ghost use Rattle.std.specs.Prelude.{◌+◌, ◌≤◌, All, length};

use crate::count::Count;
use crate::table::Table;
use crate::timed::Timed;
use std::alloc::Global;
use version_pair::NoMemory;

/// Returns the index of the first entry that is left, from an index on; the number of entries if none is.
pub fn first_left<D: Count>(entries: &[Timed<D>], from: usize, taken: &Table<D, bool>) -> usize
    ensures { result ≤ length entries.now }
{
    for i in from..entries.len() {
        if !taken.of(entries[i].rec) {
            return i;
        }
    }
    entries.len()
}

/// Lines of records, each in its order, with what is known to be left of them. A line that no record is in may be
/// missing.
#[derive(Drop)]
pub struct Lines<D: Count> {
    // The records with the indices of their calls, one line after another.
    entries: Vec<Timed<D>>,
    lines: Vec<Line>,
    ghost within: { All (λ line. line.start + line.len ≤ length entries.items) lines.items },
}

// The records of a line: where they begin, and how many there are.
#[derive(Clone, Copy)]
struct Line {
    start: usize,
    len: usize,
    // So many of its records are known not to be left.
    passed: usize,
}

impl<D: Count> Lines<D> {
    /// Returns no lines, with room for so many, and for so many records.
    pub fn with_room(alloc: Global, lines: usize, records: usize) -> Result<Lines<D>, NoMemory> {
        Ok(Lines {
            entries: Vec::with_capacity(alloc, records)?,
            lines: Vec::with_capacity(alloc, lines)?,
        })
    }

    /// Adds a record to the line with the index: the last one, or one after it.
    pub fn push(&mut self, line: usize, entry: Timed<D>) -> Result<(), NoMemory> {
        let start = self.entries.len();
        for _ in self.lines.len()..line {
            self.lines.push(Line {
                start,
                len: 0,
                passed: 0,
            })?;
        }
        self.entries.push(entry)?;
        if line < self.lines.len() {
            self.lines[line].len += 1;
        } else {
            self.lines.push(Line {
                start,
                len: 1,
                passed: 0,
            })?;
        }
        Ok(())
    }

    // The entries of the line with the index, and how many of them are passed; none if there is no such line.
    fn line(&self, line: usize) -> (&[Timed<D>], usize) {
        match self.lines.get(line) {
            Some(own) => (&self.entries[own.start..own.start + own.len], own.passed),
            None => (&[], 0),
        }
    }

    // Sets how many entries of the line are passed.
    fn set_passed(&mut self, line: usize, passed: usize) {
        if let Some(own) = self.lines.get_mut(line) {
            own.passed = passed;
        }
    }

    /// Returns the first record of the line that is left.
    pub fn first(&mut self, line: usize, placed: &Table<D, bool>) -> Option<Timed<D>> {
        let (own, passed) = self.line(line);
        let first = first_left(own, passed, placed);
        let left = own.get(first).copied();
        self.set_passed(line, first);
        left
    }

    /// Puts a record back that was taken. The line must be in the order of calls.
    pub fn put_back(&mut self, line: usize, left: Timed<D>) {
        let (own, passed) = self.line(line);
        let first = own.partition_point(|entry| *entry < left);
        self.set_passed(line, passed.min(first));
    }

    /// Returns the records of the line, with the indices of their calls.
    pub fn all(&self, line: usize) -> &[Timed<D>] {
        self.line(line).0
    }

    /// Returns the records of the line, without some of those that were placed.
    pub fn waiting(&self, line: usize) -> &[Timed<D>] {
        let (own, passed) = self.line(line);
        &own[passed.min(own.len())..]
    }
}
********************
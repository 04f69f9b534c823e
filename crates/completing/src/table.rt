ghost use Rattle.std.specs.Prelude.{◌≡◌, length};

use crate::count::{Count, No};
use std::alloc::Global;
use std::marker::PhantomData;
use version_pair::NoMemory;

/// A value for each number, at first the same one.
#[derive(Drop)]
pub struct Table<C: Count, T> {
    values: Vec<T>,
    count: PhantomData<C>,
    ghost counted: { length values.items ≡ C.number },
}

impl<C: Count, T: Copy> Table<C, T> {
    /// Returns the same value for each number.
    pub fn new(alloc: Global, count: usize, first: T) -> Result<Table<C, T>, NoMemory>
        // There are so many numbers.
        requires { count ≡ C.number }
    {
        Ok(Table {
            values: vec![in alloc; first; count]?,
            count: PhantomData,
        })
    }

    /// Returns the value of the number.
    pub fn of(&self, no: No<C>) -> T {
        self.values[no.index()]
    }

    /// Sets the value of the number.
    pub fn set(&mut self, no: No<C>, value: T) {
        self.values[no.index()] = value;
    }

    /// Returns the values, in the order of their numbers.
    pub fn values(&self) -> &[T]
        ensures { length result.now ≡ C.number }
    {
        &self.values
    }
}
********************
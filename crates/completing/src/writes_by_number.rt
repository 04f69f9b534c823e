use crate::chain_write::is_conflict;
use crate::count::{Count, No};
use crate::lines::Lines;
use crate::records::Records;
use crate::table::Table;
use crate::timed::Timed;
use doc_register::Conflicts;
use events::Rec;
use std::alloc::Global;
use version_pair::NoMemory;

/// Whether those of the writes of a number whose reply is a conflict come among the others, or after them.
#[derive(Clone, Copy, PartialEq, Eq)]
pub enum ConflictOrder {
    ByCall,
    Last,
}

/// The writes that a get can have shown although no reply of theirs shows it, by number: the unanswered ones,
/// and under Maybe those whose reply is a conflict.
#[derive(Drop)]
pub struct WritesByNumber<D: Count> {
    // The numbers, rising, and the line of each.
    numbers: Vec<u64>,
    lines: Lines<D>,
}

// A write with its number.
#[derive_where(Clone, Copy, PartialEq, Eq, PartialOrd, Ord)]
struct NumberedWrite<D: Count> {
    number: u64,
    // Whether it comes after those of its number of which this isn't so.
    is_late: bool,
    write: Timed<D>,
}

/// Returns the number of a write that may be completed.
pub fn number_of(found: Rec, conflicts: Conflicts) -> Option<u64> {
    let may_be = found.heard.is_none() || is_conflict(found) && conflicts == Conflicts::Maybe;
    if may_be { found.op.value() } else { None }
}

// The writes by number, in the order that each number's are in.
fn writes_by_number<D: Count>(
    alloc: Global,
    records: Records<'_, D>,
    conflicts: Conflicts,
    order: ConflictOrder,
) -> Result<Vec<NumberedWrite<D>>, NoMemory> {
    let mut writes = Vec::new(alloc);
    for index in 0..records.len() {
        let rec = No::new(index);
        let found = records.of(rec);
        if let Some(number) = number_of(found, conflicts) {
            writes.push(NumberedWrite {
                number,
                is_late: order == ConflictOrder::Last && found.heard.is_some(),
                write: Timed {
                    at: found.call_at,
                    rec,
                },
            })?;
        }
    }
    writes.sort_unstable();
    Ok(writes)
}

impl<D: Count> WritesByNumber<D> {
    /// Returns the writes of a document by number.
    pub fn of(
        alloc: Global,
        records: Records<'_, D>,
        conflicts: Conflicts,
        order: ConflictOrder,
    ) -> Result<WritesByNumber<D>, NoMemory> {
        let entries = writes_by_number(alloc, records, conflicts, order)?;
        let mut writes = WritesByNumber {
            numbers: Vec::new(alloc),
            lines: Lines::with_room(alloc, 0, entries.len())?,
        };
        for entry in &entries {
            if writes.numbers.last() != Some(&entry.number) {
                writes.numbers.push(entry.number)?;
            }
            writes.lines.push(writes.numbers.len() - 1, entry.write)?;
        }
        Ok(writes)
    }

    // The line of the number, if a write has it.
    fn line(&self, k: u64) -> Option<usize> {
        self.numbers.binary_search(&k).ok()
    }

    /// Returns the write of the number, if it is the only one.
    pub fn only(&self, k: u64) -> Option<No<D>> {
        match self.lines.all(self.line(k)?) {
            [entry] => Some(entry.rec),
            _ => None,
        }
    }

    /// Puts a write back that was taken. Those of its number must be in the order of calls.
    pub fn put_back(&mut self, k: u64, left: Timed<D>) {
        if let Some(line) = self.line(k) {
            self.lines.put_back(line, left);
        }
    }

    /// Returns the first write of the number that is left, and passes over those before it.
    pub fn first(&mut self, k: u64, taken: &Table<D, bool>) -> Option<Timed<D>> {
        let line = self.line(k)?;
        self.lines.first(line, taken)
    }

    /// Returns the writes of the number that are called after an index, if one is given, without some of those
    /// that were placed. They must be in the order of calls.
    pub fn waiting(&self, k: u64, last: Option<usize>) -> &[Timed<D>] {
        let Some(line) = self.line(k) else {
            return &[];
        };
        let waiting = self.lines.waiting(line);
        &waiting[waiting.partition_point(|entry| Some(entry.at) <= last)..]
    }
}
********************
What you have to do.
Using the data above, reproduce exactly the lines between those holding "for i in from..entries.len()" and "line after another.", inclusive, and no others.

Finished task.
    for i in from..entries.len() {
        if !taken.of(entries[i].rec) {
            return i;
        }
    }
    entries.len()
}

/// Lines of records, each in its order, with what is known to be left of them. A line that no record is in may be
/// missing.
#[derive(Drop)]
pub struct Lines<D: Count> {
    // The records with the indices of their calls, one line after another.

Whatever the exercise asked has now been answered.